I wrote yesterday about Kanigher and Kubert’s Enemy Ace. I don’t know how to compare the writers, as they are so different, but I like them both a great deal; but that old war comic had some of the best mainstream comics art ever, perhaps behind only Kirby and Ditko. That made it possible for me to argue that those comics are some kind of masterpiece; whereas what we have here is some good stories that I can barely tolerate reading.
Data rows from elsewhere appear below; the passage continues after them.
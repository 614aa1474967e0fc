/// A statement of a surface's block.
#[derive(Clone, Copy, Debug, PartialEq, Eq)]
pub enum SurfaceStatement {
    Action,
    Panel,
    Jump,
}
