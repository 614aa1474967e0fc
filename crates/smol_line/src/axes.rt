//! What the lines before a line give of the axes.
ghost use Rattle.std.specs.Prelude.{◌≡◌};
ghost use Rattle.smol_line.specs.Axes.{are_walled, is_walled, needs_dim, needs_walls};

use smol_num::Micro;
use smol_types::{Kind, Letter};

/// The two walls of an axis, and what they do.
#[derive(Clone, Copy, Debug, PartialEq, Eq)]
pub struct Bounds {
    pub low: Micro,
    pub high: Micro,
    pub letter: Letter,
}

/// How many axes are in use, and the walls of each, as far as they are given.
#[derive(Clone, Copy, Debug, PartialEq, Eq)]
pub struct Axes {
    pub dims: Option<u8>,
    pub x: Option<Bounds>,
    pub y: Option<Bounds>,
    pub z: Option<Bounds>,
}

/// Whether an axis has walls, where it is one of this many in use.
pub fn is_walled(dims: u8, axis: u8, bounds: &Option<Bounds>) -> bool
    ensures { result ≡ is_walled dims axis bounds.now }
{
    dims <= axis || bounds.is_some()
}

// Whether each of this many axes in use has its walls.
fn are_walled(dims: u8, axes: &Axes) -> bool
    ensures { result ≡ are_walled dims axes.now }
{
    is_walled(dims, 0, &axes.x) && is_walled(dims, 1, &axes.y) && is_walled(dims, 2, &axes.z)
}

/// A statement that needs the number of axes before it.
pub fn needs_dim(axes: &Axes) -> Result<u8, Kind>
    ensures { result ≡ needs_dim axes.now }
{
    axes.dims.ok_or(Kind::BadOrder)
}

/// A statement that needs the number of axes and the walls of each before it.
pub fn needs_walls(axes: &Axes) -> Result<u8, Kind>
    ensures { result ≡ needs_walls axes.now }
{
    let dims = needs_dim(axes)?;
    if are_walled(dims, axes) {
        Ok(dims)
    } else {
        Err(Kind::BadOrder)
    }
}
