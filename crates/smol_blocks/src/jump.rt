//! `jump P FACE ARROW Q FACE`: where a jump from a face of a panel leads.
ghost use Rattle.std.specs.Prelude.{◌≡◌, ◌≤◌, ◌<◌, ◌^◌, length, IfOk, unsigned_abs};
ghost use Rattle.std.specs.Ordering.{int_eq};
ghost use Rattle.smol_blocks.specs.Jump.{are_congruent, arrow_in, edge_of, jump_in};

use crate::faces::face_in;
use smol_geom::Rect;
use smol_line::{NameSet, number_in, spells, unless, word_at, word_count};
use smol_text::StatedLine;
use smol_types::{Face, Kind};

/// Where a jump leads from and to: panels by their numbers in the surface, and their faces.
#[derive(Clone, Copy, Debug, PartialEq, Eq)]
pub struct Leading {
    pub from: u16,
    pub from_face: Face,
    pub to: u16,
    pub to_face: Face,
    /// Whether it leads back too.
    pub both: bool,
}

// Whether an arrow leads both ways.
#[tactic(auto, unfolding(crate::specs::Jump::arrow_in))]
fn arrow_in(word: &[u8]) -> Result<bool, Kind>
    ensures { result ≡ arrow_in word.now }
{
    if spells(word, "->") {
        Ok(false)
    } else if spells(word, "<->") {
        Ok(true)
    } else {
        Err(Kind::BadJump)
    }
}

// How long a rectangle is on an axis.
fn edge_of(rect: &Rect, axis: usize) -> i128
    requires { axis < 3 }
    ensures value { result ≡ edge_of rect.now axis }
    ensures size { unsigned_abs result < 2 ^ 65 }
{
    i128::from(rect.high[axis]) - i128::from(rect.low[axis])
}

// Whether two lengths are one.
fn same_length(one: i128, other: i128) -> bool
    ensures { result ≡ int_eq one other }
{
    one == other
}

// Whether two rectangles are equally long on an axis.
fn same_edge(a: &Rect, b: &Rect, axis: usize) -> bool
    requires { axis < 3 }
    ensures { result ≡ int_eq (edge_of a.now axis) (edge_of b.now axis) }
{
    same_length(edge_of(a, axis), edge_of(b, axis))
}

// Whether two rectangles lie across one axis and have equal edges.
fn are_congruent(a: &Rect, b: &Rect) -> bool
    ensures { result ≡ are_congruent a.now b.now }
{
    a.axis == b.axis && same_edge(a, b, 0) && same_edge(a, b, 1) && same_edge(a, b, 2)
}

/// Where a line leads from and to, beside these names of the surface's panels and their rectangles.
#[tactic(auto, unfolding(crate::specs::Jump::jump_in))]
pub fn jump_in(names: &NameSet, rects: &[Rect], line: &StatedLine<'_>) -> Result<Leading, Kind>
    requires few { length names.now ≤ 2 ^ 16 }
    requires paired { length names.now ≡ length rects.now }
    ensures rule { result ≡ jump_in names.now rects.now line.now }
    ensures from_within { IfOk result (λ leading. leading.from < length names.now) }
    ensures to_within { IfOk result (λ leading. leading.to < length names.now) }
{
    word_count(6, line)?;
    let from = number_in(names, word_at(line, 1))?;
    let from_face = face_in(word_at(line, 2))?;
    let both = arrow_in(word_at(line, 3))?;
    let to = number_in(names, word_at(line, 4))?;
    let to_face = face_in(word_at(line, 5))?;
    let congruent = are_congruent(&rects[usize::from(from)], &rects[usize::from(to)]);
    unless(congruent, Kind::BadJump)?;
    Ok(Leading {
        from,
        from_face,
        to,
        to_face,
        both,
    })
}
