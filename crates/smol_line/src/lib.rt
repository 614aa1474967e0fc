//! What a reader needs of a line: its words, and what a word means as a number, a name, a species, an axis, a length, a coordinate or a probability.
#![tactic(auto)]

mod axes;
mod axis;
mod checks;
mod coordinate;
mod length;
mod name_set;
mod names;
mod numbers;
mod probability;
mod refusal;
mod species_word;
mod words;

pub use axes::{Axes, Bounds, is_walled, needs_dim, needs_walls};
pub use axis::axis_in;
pub use checks::{once, unless, word_count};
pub use coordinate::{coordinate_in, ticks_within};
pub use length::micros_in;
pub use name_set::NameSet;
pub use names::{name_in, new_name_in};
pub use numbers::{count_in, decimal_in, unsigned_in};
pub use probability::{chance_in, threshold_of};
pub use refusal::Refusal;
pub use species_word::{Chosen, chosen_in, number_in, species_word_in};
pub use words::{spells, word_at};
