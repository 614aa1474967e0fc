//! Reads the blocks of a configuration: the lines of surfaces and of compartments.
#![tactic(auto)]

mod action;
mod action_table;
mod block_name;
mod block_statement;
mod blocks;
mod close_surface;
mod compartment;
mod compartment_block;
mod drafts;
mod faces;
mod jump;
mod law;
mod names;
mod panel;
mod panel_name;
mod panel_table;
mod statement;
mod surface_block;
mod surface_statement;
mod surface_table;
#[cfg(test)]
mod tests;
mod told;

pub use action::Acting;
pub use action_table::ActionTable;
pub use block_statement::BlockStatement;
pub use blocks::Blocks;
pub use compartment_block::{read_compartment, read_compartment_block};
pub use drafts::{CompartmentDraft, SurfaceDraft};
pub use faces::Faces;
pub use jump::Leading;
pub use law::{lines_keep_blocks_sound, lines_keep_compartments, named_blocks_are_closed};
pub use names::Names;
pub use panel::Facing;
pub use panel_table::PanelTable;
pub use statement::Statement;
pub use surface_block::{read_surface, read_surface_block};
pub use surface_statement::SurfaceStatement;
pub use surface_table::SurfaceTable;
pub use told::told_at;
Are there any really great movies with poor direction? I think that’s a pretty fair analogy. Best examples I can think of right now might be The Hustler, maybe a couple of the Marx Brothers’ best – but it’s certainly rare. Without going as far as wishing for the greats, how much better would these Spidey stories be with an artist as good as, say, John Romita? Or Morrison’s JLA with George Perez? Obviously these are the kinds of remix that we will never see, but in the meantime, while I may not follow any particular artists around, I should probably start to realise that I at least need someone half-decent in order to really enjoy even the writers I like best.